TASK TO COMPLETE: Each line below that includes the word "IsCommand" adds one to the count; give that count and nothing else.

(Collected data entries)

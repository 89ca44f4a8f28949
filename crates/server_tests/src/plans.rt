//! The bytes of a whole plan, and of its commands one by one.
ghost use Rattle.std.specs.Prelude.{◌≡◌, ◌<◌, ◌∷◌, [], IfOk, length};
ghost use Rattle.cluster_admin.specs.Commands.{AreMovable, IsCommand};

use crate::script::Replies;
use crate::servers::{MASTER, OK, ONE, ScriptedPort, book, keys, port, text, written};
use byte_texts::Memory;
use cluster_admin::{AdminCommand, AdminPort, AdminReply, KeyList, PortFault};
use key_slots::{NodeId, Slot};
use redis_servers::ServersSeat;
use server_commands::{Credentials, request_of};
use std::alloc::Global;
use std::test::Fail;

/// Sends the command to the node.
pub fn call(
    port: &mut ScriptedPort,
    seat: &mut ServersSeat,
    node: u8,
    command: AdminCommand,
) -> Result<AdminReply, PortFault>
    requires node { node < 3 }
    requires servers { length port.old.setup.book ≡ 3 }
    requires command { IsCommand command }
    ensures { length port.new.setup.book ≡ 3 }
{
    port.admin(seat, NodeId::of(node), command)
}

/// The list of one key.
pub fn one_key(alloc: Global, key: &[u8]) -> Result<KeyList, Memory>
    ensures { IfOk result AreMovable }
{
    let key = text(alloc, key)?;
    let mut keys = KeyList::new(alloc);
    keys.push(key)?;
    Ok(keys)
}

/// The source's replies.
const SOURCE: Replies = &[OK, b"*1\r\n$1\r\nb\r\n", OK, b"*0\r\n", MASTER, MASTER, OK];

/// The target's, which owns the slot in the end.
const TARGET: Replies = &[
    OK,
    OK,
    b"$110\r\n\
        bbbbbbbbbbbbbbbbbbbbbbbbbbbbbbbbbbbbbbbb 127.0.0.1:7001@17001 myself,master - 0 0 4 connected 3300 5461-10922\n\
        \r\n",
];

/// A plan that moves the slot 3300 with one key from n0 to n1.
#[test]
fn a_slot_is_moved(rt: HostRuntime) -> Result<(), Fail> {
    let alloc = rt.alloc();
    let (slot, source, target) = (Slot::of(3300), NodeId::of(0), NodeId::of(1));
    let mut port = port(alloc, SOURCE, TARGET, ONE)?;
    let mut seat = ServersSeat::new(alloc)?;
    drop(call(
        &mut port,
        &mut seat,
        1,
        AdminCommand::Importing(slot, source),
    )?);
    drop(call(
        &mut port,
        &mut seat,
        0,
        AdminCommand::Migrating(slot, target),
    )?);
    drop(call(&mut port, &mut seat, 0, AdminCommand::KeysIn(slot, 10))?);
    let key = one_key(alloc, b"b")?;
    drop(call(&mut port, &mut seat, 0, AdminCommand::Migrate(key, target))?);
    drop(call(&mut port, &mut seat, 0, AdminCommand::KeysIn(slot, 10))?);
    drop(call(&mut port, &mut seat, 1, AdminCommand::SetNode(slot, target))?);
    drop(call(&mut port, &mut seat, 0, AdminCommand::SetNode(slot, target))?);
    drop(call(&mut port, &mut seat, 2, AdminCommand::SetNode(slot, target))?);
    assert!(rt; written(&port, 0) == FROM);
    assert!(rt; written(&port, 1) == TO);
    assert!(rt; written(&port, 2) == TOLD);
    Ok(())
}

const FROM: &[u8] =
    b"*5\r\n$7\r\nCLUSTER\r\n$7\r\nSETSLOT\r\n$4\r\n3300\r\n$9\r\nMIGRATING\r\n$40\r\n\
        bbbbbbbbbbbbbbbbbbbbbbbbbbbbbbbbbbbbbbbb\r\n*4\r\n$7\r\nCLUSTER\r\n$13\r\n\
        GETKEYSINSLOT\r\n$4\r\n3300\r\n$2\r\n10\r\n*8\r\n$7\r\nMIGRATE\r\n$9\r\n127.0.0.1\r\n\
        $4\r\n7001\r\n$0\r\n\r\n$1\r\n0\r\n$5\r\n60000\r\n$4\r\nKEYS\r\n$1\r\nb\r\n*4\r\n$7\r\n\
        CLUSTER\r\n$13\r\nGETKEYSINSLOT\r\n$4\r\n3300\r\n$2\r\n10\r\n*1\r\n$4\r\nROLE\r\n\
        *1\r\n$4\r\nROLE\r\n*5\r\n$7\r\nCLUSTER\r\n$7\r\nSETSLOT\r\n$4\r\n3300\r\n$4\r\nNODE\r\n$40\r\n\
        bbbbbbbbbbbbbbbbbbbbbbbbbbbbbbbbbbbbbbbb\r\n";

const TO: &[u8] =
    b"*5\r\n$7\r\nCLUSTER\r\n$7\r\nSETSLOT\r\n$4\r\n3300\r\n$9\r\nIMPORTING\r\n$40\r\n\
        aaaaaaaaaaaaaaaaaaaaaaaaaaaaaaaaaaaaaaaa\r\n*5\r\n$7\r\nCLUSTER\r\n$7\r\nSETSLOT\r\n$4\r\n\
        3300\r\n$4\r\nNODE\r\n$40\r\nbbbbbbbbbbbbbbbbbbbbbbbbbbbbbbbbbbbbbbbb\r\n\
        *2\r\n$7\r\nCLUSTER\r\n$5\r\nNODES\r\n";

const TOLD: &[u8] = b"*5\r\n$7\r\nCLUSTER\r\n$7\r\nSETSLOT\r\n$4\r\n3300\r\n$4\r\nNODE\r\n$40\r\n\
        bbbbbbbbbbbbbbbbbbbbbbbbbbbbbbbbbbbbbbbb\r\n";

/// What a MIGRATE shows its target: the user, and what stands after the timeout.
#[test]
fn a_migrate_shows_credentials(rt: HostRuntime) -> Result<(), Fail> {
    let alloc = rt.alloc();
    let one = migrate_bytes(alloc, None)?;
    assert!(rt;
        one.as_slice().ends_with(
            b"$1\r\n9\r\n$4\r\nAUTH\r\n$6\r\nsecret\r\n$4\r\nKEYS\r\n$1\r\nb\r\n$1\r\na\r\n"
        )
    );
    let two = migrate_bytes(alloc, Some(b"me"))?;
    assert!(rt;
        two.as_slice().ends_with(
            b"$1\r\n9\r\n$5\r\nAUTH2\r\n$2\r\nme\r\n$6\r\nsecret\r\n$4\r\nKEYS\r\n$1\r\nb\r\n$1\r\na\r\n"
        )
    );
    Ok(())
}

fn migrate_bytes(alloc: Global, user: Option<&[u8]>) -> Result<Vec<u8>, Memory> {
    let user = match user {
        Some(user) => Some(text(alloc, user)?),
        None => None,
    };
    let credentials = Some(Credentials {
        user,
        password: text(alloc, b"secret")?,
    });
    let keys = keys(alloc, &[b"b".as_slice(), b"a".as_slice()])?;
    let command = AdminCommand::Migrate(keys, NodeId::of(1));
    request_of(alloc, &book(alloc)?, 9, &credentials, &command)
}
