//! The keys of slots, asked for in rounds.
ghost use Rattle.std.specs.Prelude.{◌<◌};

use crate::script::Replies;
use crate::servers::links;
use cluster_views::SurveyFault;
use key_slots::{NodeId, Slot};
use slot_key_counts::{AskedNodes, KeyTable, SlotQuestions, ask_all};
use std::alloc::Global;
use std::test::Fail;

/// The slots of one round, 0 and 64, and one of the next: n0 owns slot 0, and n1 the others.
const OWNERS: &[(u16, u8)] = &[(0, 0), (64, 1), (1, 1)];

/// What n0 to n2 tell that answer so, if they are asked for those slots.
fn told(
    alloc: Global,
    whom: AskedNodes,
    first: Replies,
    second: Replies,
    third: Replies,
) -> Result<KeyTable, SurveyFault> {
    let mut questions = SlotQuestions::new(alloc, whom)?;
    for &(slot, owner) in OWNERS {
        questions.ask(Slot::of(slot), NodeId::of(owner));
    }
    let mut links = links(alloc, first, second, third)?;
    ask_all(alloc, &mut links, 3, &questions)
}

/// What the node told of the slot.
fn keys(table: &KeyTable, node: u8, slot: u16) -> Option<u32>
    requires node { node < 255 }
    requires slot { slot < 16384 }
{
    table.keys(NodeId::of(node), Slot::of(slot))
}

#[test]
fn owners_tell_their_keys(rt: HostRuntime) -> Result<(), Fail> {
    let alloc = rt.alloc();
    let table = told(
        alloc,
        AskedNodes::Owner,
        &[b":7\r\n"],
        &[b":5\r\n", b":3\r\n"],
        &[],
    )?;
    assert!(rt; keys(&table, 0, 0) == Some(7));
    assert!(rt; keys(&table, 1, 64) == Some(5));
    assert!(rt; keys(&table, 1, 1) == Some(3));
    assert!(rt; keys(&table, 0, 1).is_none());
    Ok(())
}

#[test]
fn others_tell_their_keys(rt: HostRuntime) -> Result<(), Fail> {
    let alloc = rt.alloc();
    let first: Replies = &[b":1\r\n", b":2\r\n"];
    let third: Replies = &[b":10\r\n:1", b"1\r\n", b":12\r\n"];
    let table = told(alloc, AskedNodes::Others, first, &[b":0\r\n"], third)?;
    assert!(rt; keys(&table, 0, 64) == Some(1));
    assert!(rt; keys(&table, 0, 1) == Some(2));
    assert!(rt; keys(&table, 1, 0) == Some(0));
    assert!(rt; keys(&table, 2, 0) == Some(10));
    assert!(rt; keys(&table, 2, 64) == Some(11));
    assert!(rt; keys(&table, 2, 1) == Some(12));
    Ok(())
}

#[test]
fn a_reply_too_many_is_a_fault(rt: HostRuntime) -> Result<(), Fail> {
    let alloc = rt.alloc();
    let second: Replies = &[b":5\r\n:3\r\n"];
    let fault = told(alloc, AskedNodes::Owner, &[b":7\r\n"], second, &[]);
    assert!(rt; fault.is_err());
    Ok(())
}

EXERCISE SOLUTION: 2